My Red Phantom looks totally different in color.....Orangish really... Tank and light are red oxide primer too....


----------



## npence (Aug 28, 2011)

I would say yours has been out in the sun a lot I had a schwinn tornado that started life red and ended up that burnt orange color something with the red paint back then just faded a lot out in the sun.


----------



## Freqman1 (Aug 28, 2011)

I believe your bike is a '53 or earlier that had the solid red paint whereas Nate's appears to be the opalescent red used from '54 on.
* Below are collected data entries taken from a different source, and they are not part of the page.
//! A node of a host.
ghost use Rattle.std.specs.Prelude.{◌≡◌, ◌<◌, ◌==◌, [], Err, IfErr, IfOk, IfSome, None, OnOk, Some, length};
ghost use Rattle.node_steps.specs.Calls as calls;
ghost use Rattle.node_steps.specs.Cases as cases;
ghost use Rattle.node_steps.specs.Choosing.{own_candidate};
ghost use Rattle.node_steps.specs.Meeting.{LacksMemoryLast, MayLackMemory, Meets};
ghost use Rattle.node_steps.specs.declared.error.NodeError.TheVariants.{Memory};
ghost use Rattle.node_steps.specs.declared.parts.Victim.TheVariants as victim;
ghost use Rattle.actors.specs.Actors.{Did, IsCarried, IsGiven, IsWorked, MeetsUnless, NodeCalled, NodeTells, carried};
ghost use Rattle.actors.specs.declared.error.NodeCallError.TheVariants.{Unsent};

use crate::error::NodeCallError;
use crate::outbox::Outbox;
use grain::{Grain, KeptValues, TaskSizes, evaluate, takes_its_numbers};
use ids::{FrameNo, GrantId, Incarnation};
use node_core::{Node, NodeError, Step, Victim, Work};
use serial_meaning::{Flat, Job, Whole};
use std::alloc::Global;
use std::marker::Model;

/// A frame that was carried out, by its numbers: by its own turn, or by its task's whole value,
/// which was found in so many turns.
#[derive(Clone, Copy)]
pub struct Worked {
    pub minter: u64,
    pub number: u64,
    pub frame: u64,
    pub turns: Option<u64>,
}

/// How many threads are taken to evaluate at once in a run of hosts. A node isn't told how many do.
const EVALUATORS: u64 = 16;

/// A node of a host, and the packets that wait for it. Contracts see the node with its job, and
/// these packets in their order.
///
/// A call that may send is refused where packets wait (`Unsent`), and changes nothing. Else it is
/// one case of the protocol: what the node sends waits then, and it is told whether a packet was
/// ignored, or why the node refuses the call.
#[derive(Drop)]
pub struct NodeActor<'a> {
    alloc: Global,
    job: &'a Job,
    node: Node<'a>,
    flat: Flat,
    sizes: TaskSizes,
    kept: KeptValues,
    outbox: Outbox,
}

impl<'a> Model for NodeActor<'a> {
    ghost use Rattle.std.specs.Prelude.{◌≡◌};
    ghost use Rattle.task_tree.specs.Codes.{program_codes};
    ghost use Rattle.actors.specs.Actors.{NodeActorOf};

    ghost Value = { NodeActorOf };

    ghost coded = { Prim.hlevel program_codes };

    ghost view = { λ a. record { on = a.node; waits = a.outbox } };

    ghost invariant = { λ a. (a.job.now ≡ a.node.job) × (a.flat.program ≡ a.node.job.program) × (a.kept ≡ a.node.job.program) };
}

impl<'a> NodeActor<'a> {
    /// A node that starts; its Join waits. Each call of `work` evaluates a task in at most so many
    /// turns. Refused only when out of memory (E63).
    pub fn start(
        alloc: Global,
        job: &'a Job,
        incarnation: Incarnation,
        most_turns: u64,
    ) -> Result<NodeActor<'a>, NodeError>
        ensures actor { IfOk result (λ a. a ≡ record {
          on = record { job = job.now; node = (calls.start job.now incarnation).after; posts = [] };
          waits = (calls.start job.now incarnation).sent;
        }) }
        ensures memory { IfErr result (λ e. e ≡ Memory) }
    {
        let flat = Flat::of(alloc, job.checked())?;
        let sizes = TaskSizes::new(
            alloc,
            Grain {
                most_turns,
                evaluators: EVALUATORS,
            },
        )?;
        let kept = KeptValues::new(alloc, job.checked());
        let (node, step) = Node::start(alloc, job, incarnation)?;
        let mut outbox = Outbox::new(alloc);
        outbox.keep(step.sent);
        Ok(NodeActor {
            alloc,
            job,
            node,
            flat,
            sizes,
            kept,
            outbox,
        })
    }

    /// The node.
    pub fn node(&self) -> &Node<'a>
        ensures { result.now ≡ self.now.on }
    {
        &self.node
    }

    /// Whether more than so many frames are ready. Refused only when out of memory (E63).
    pub fn has_ready(&self, count: u64) -> Result<bool, NodeError> {
        let Ok(index) = usize::try_from(count) else {
            return Ok(false);
        };
        Ok(self.node.ready_at(self.alloc, index)?.is_some())
    }

    /// Whether no packet waits.
    pub fn is_clear(&self) -> bool
        ensures { result ≡ (length self.now.waits == 0) }
    {
        self.outbox.is_empty()
    }

    /// Copies the first packet that waits to a buffer that is long enough, and it waits no longer.
    /// How many bytes it has; 0 where none waits.
    pub fn give(&mut self, buffer: &mut [u8]) -> usize
        ensures given { IsGiven result buffer.old buffer.new self.old.waits self.new.waits }
        ensures node { self.new.on ≡ self.old.on }
    {
        self.outbox.give(buffer)
    }

    /// What comes in a packet's bytes is done: the case of `Node::on_bytes`.
    pub fn take(&mut self, bytes: &[u8]) -> Result<bool, NodeCallError>
        ensures unsent { 0 < length self.old.waits → (result ≡ Err Unsent) × (self.new ≡ self.old) }
        ensures called { self.old.waits ≡ [] → NodeCalled (Meets (cases.on_bytes self.old.on.job (own_candidate self.old.on.posts)
            bytes.now self.old.on.node)) result self.old self.new }
    {
        self.check_clear()?;
        let answer = self.node.on_bytes(self.alloc, bytes);
        self.tell(answer)
    }

    /// Carries out the ready frame that comes first, the newest of the deepest level: by its task's
    /// whole value, where one evaluation or a value that an earlier one kept gives it, else by its
    /// own turn. None where no frame is ready.
    pub fn work(&mut self) -> Result<Option<Worked>, NodeCallError>
        ensures unsent { 0 < length self.old.waits → (result ≡ Err Unsent) × (self.new ≡ self.old) }
        ensures worked { self.old.waits ≡ [] → IsWorked result self.old self.new }
    {
        self.check_clear()?;
        let work = match self.node.ready_at(self.alloc, 0) {
            Ok(Some(work)) => work,
            Ok(None) => return Ok(None),
            Err(error) => return Err(NodeCallError::Node(error)),
        };
        let (grant, frame) = (work.grant, work.frame);
        let found = self.value_of(work);
        let turns = self.carry_out(grant, frame, found)?;
        Ok(Some(Worked {
            minter: grant.minter().word(),
            number: grant.number(),
            frame: u64::from(frame.number()),
            turns,
        }))
    }

    /// The whole value of a ready frame's task, where it is tried and found, or was kept.
    fn value_of(&mut self, work: Work) -> Option<Whole>
        ensures same { self.new ≡ self.old }
        ensures own { IfSome result (λ w. w.program ≡ self.old.on.job.program) }
    {
        let checked = self.job.checked();
        if !takes_its_numbers(checked, &work) || self.sizes.is_short(checked, &work) {
            return None;
        }
        if let Some(whole) = self.kept.take(&work) {
            self.sizes.use_kept(&whole);
            return Some(whole);
        }
        let most_turns = self.sizes.most_turns();
        if most_turns == 0 || self.sizes.was_large(&work) {
            return None;
        }
        let Work {
            thread,
            numbers,
            room,
            ..
        } = work;
        match evaluate(
            self.alloc,
            checked,
            &self.flat,
            room,
            thread,
            numbers,
            most_turns,
            self.sizes.levels(thread),
        ) {
            Ok(whole) => {
                self.sizes.succeed(&whole);
                Some(whole)
            }
            Err((_, left)) => {
                self.kept.add(self.sizes.fail(thread, left));
                None
            }
        }
    }

    /// A ready frame is carried out by its task's whole value, where that was found, or by its own
    /// turn. In how many turns it was found.
    fn carry_out(
        &mut self,
        grant: GrantId,
        frame: FrameNo,
        found: Option<Whole>,
    ) -> Result<Option<u64>, NodeCallError>
        requires { IfSome found (λ w. w.program ≡ self.old.on.job.program) }
        ensures { IsCarried grant frame result self.old self.new }
    {
        match found {
            Some(whole) => {
                let turns = whole.turns();
                self.send_whole(grant, frame, &whole)?;
                Ok(Some(turns))
            }
            None => {
                self.send_turn(grant, frame)?;
                Ok(None)
            }
        }
    }

    /// A ready frame is carried out by its task's whole value.
    fn send_whole(
        &mut self,
        grant: GrantId,
        frame: FrameNo,
        whole: &Whole,
    ) -> Result<bool, NodeCallError>
        requires { whole.now.program ≡ self.old.on.job.program }
        ensures { Did (carried self.old.on.job grant frame (Some whole.now.turns) self.old.on.node) result self.old self.new }
    {
        let answer = self
            .node
            .whole_with(self.alloc, &self.flat, grant, frame, whole.turns(), whole);
        self.tell(answer)
    }

    /// A ready frame is carried out by its own turn.
    fn send_turn(&mut self, grant: GrantId, frame: FrameNo) -> Result<bool, NodeCallError>
        ensures { Did (carried self.old.on.job grant frame None self.old.on.node) result self.old self.new }
    {
        let answer = self.node.exec_ready(self.alloc, grant, frame);
        self.tell(answer)
    }

    /// Carries out a ready frame, by its numbers: the case of `Node::exec_ready`.
    pub fn exec(&mut self, minter: u64, number: u64, frame: u64) -> Result<bool, NodeCallError>
        ensures unsent { 0 < length self.old.waits → (result ≡ Err Unsent) × (self.new ≡ self.old) }
        ensures called { self.old.waits ≡ [] → NodeCalled (MeetsUnless (calls.exec_ready self.old.on.job
            (record { minter = minter; number = number }) frame self.old.on.node) MayLackMemory) result self.old self.new }
    {
        self.check_clear()?;
        let answer = self
            .node
            .exec_ready_named(self.alloc, minter, number, frame);
        self.tell(answer)
    }

    /// Carries out a ready frame, by its numbers, with its task's whole value in at most so many
    /// turns: the case of `Node::whole_ready`.
    pub fn whole(
        &mut self,
        minter: u64,
        number: u64,
        frame: u64,
        most_turns: u64,
    ) -> Result<bool, NodeCallError>
        ensures unsent { 0 < length self.old.waits → (result ≡ Err Unsent) × (self.new ≡ self.old) }
        ensures called { self.old.waits ≡ [] → NodeCalled (MeetsUnless (calls.whole_ready self.old.on.job most_turns
            (record { minter = minter; number = number }) frame self.old.on.node) MayLackMemory) result self.old self.new }
    {
        self.check_clear()?;
        let answer = self
            .node
            .whole_ready_named(self.alloc, &self.flat, minter, number, frame, most_turns);
        self.tell(answer)
    }

    /// Asks the clearinghouse for work: the case of `Node::ask`.
    pub fn ask_house(&mut self) -> Result<bool, NodeCallError>
        ensures unsent { 0 < length self.old.waits → (result ≡ Err Unsent) × (self.new ≡ self.old) }
        ensures called { self.old.waits ≡ [] → NodeCalled (MeetsUnless (calls.ask self.old.on.job victim.House self.old.on.node)
            LacksMemoryLast) result self.old self.new }
    {
        self.check_clear()?;
        let answer = self.node.ask(self.alloc, Victim::House);
        self.tell(answer)
    }

    /// Asks another worker for work, by its start word: the same.
    pub fn ask(&mut self, word: u64) -> Result<bool, NodeCallError>
        ensures unsent { 0 < length self.old.waits → (result ≡ Err Unsent) × (self.new ≡ self.old) }
        ensures called { self.old.waits ≡ [] → NodeCalled (MeetsUnless (calls.ask self.old.on.job (victim.Worker word) self.old.on.node)
            LacksMemoryLast) result self.old self.new }
    {
        self.check_clear()?;
        let answer = self.node.ask_named(self.alloc, word);
        self.tell(answer)
    }

    /// Sends again what isn't answered: the case of `Node::resend`.
    pub fn resend(&mut self) -> Result<bool, NodeCallError>
        ensures unsent { 0 < length self.old.waits → (result ≡ Err Unsent) × (self.new ≡ self.old) }
        ensures called { self.old.waits ≡ [] → NodeCalled (MeetsUnless (calls.resend self.old.on.job self.old.on.node) MayLackMemory)
            result self.old self.new }
    {
        self.check_clear()?;
        let answer = self.node.resend(self.alloc);
        self.tell(answer)
    }

    /// Leaves, and hands its work to an heir, by its start word: the case of `Node::depart`.
    pub fn depart(&mut self, heir: u64) -> Result<bool, NodeCallError>
        ensures unsent { 0 < length self.old.waits → (result ≡ Err Unsent) × (self.new ≡ self.old) }
        ensures called { self.old.waits ≡ [] → NodeCalled (MeetsUnless (calls.depart self.old.on.job heir self.old.on.node) MayLackMemory)
            result self.old self.new }
    {
        self.check_clear()?;
        let answer = self.node.depart_named(self.alloc, heir);
        self.tell(answer)
    }

    /// A call that may send is refused where packets wait.
    fn check_clear(&self) -> Result<(), NodeCallError>
        ensures ok { OnOk result (self.now.waits ≡ []) }
        ensures err { IfErr result (λ e. (e ≡ Unsent) × (0 < length self.now.waits)) }
    {
        if self.outbox.is_empty() {
            Ok(())
        } else {
            Err(NodeCallError::Unsent)
        }
    }

    /// What a call sends waits, and what is told of it is answered.
    fn tell(&mut self, answer: Result<Step, NodeError>) -> Result<bool, NodeCallError>
        ensures told { NodeTells answer result self.old.waits self.new.waits }
        ensures node { self.new.on ≡ self.old.on }
    {
        match answer {
            Ok(step) => {
                let Step { sent, ignored, .. } = step;
                self.outbox.keep(sent);
                Ok(ignored)
            }
            Err(error) => Err(NodeCallError::Node(error)),
        }
    }
}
If you look at some original Black Phantoms you will notice hte paint is usually orange red in color due to fading. v/r Shawn







Larmo63 said:


> My Red Phantom looks totally different in color.....Orangish really... Tank and light are red oxide primer too....


----------



## Larmo63 (Aug 28, 2011)

*Any comments on value?*

What is fair market value opinions on my rider Red Phantom? Seat is restored, stamped, very nicely....OG Typhoon blackwalls.....


----------



## Schweirdo (Aug 31, 2011)

an uneducated guess at pricing would be from $300-600.


----------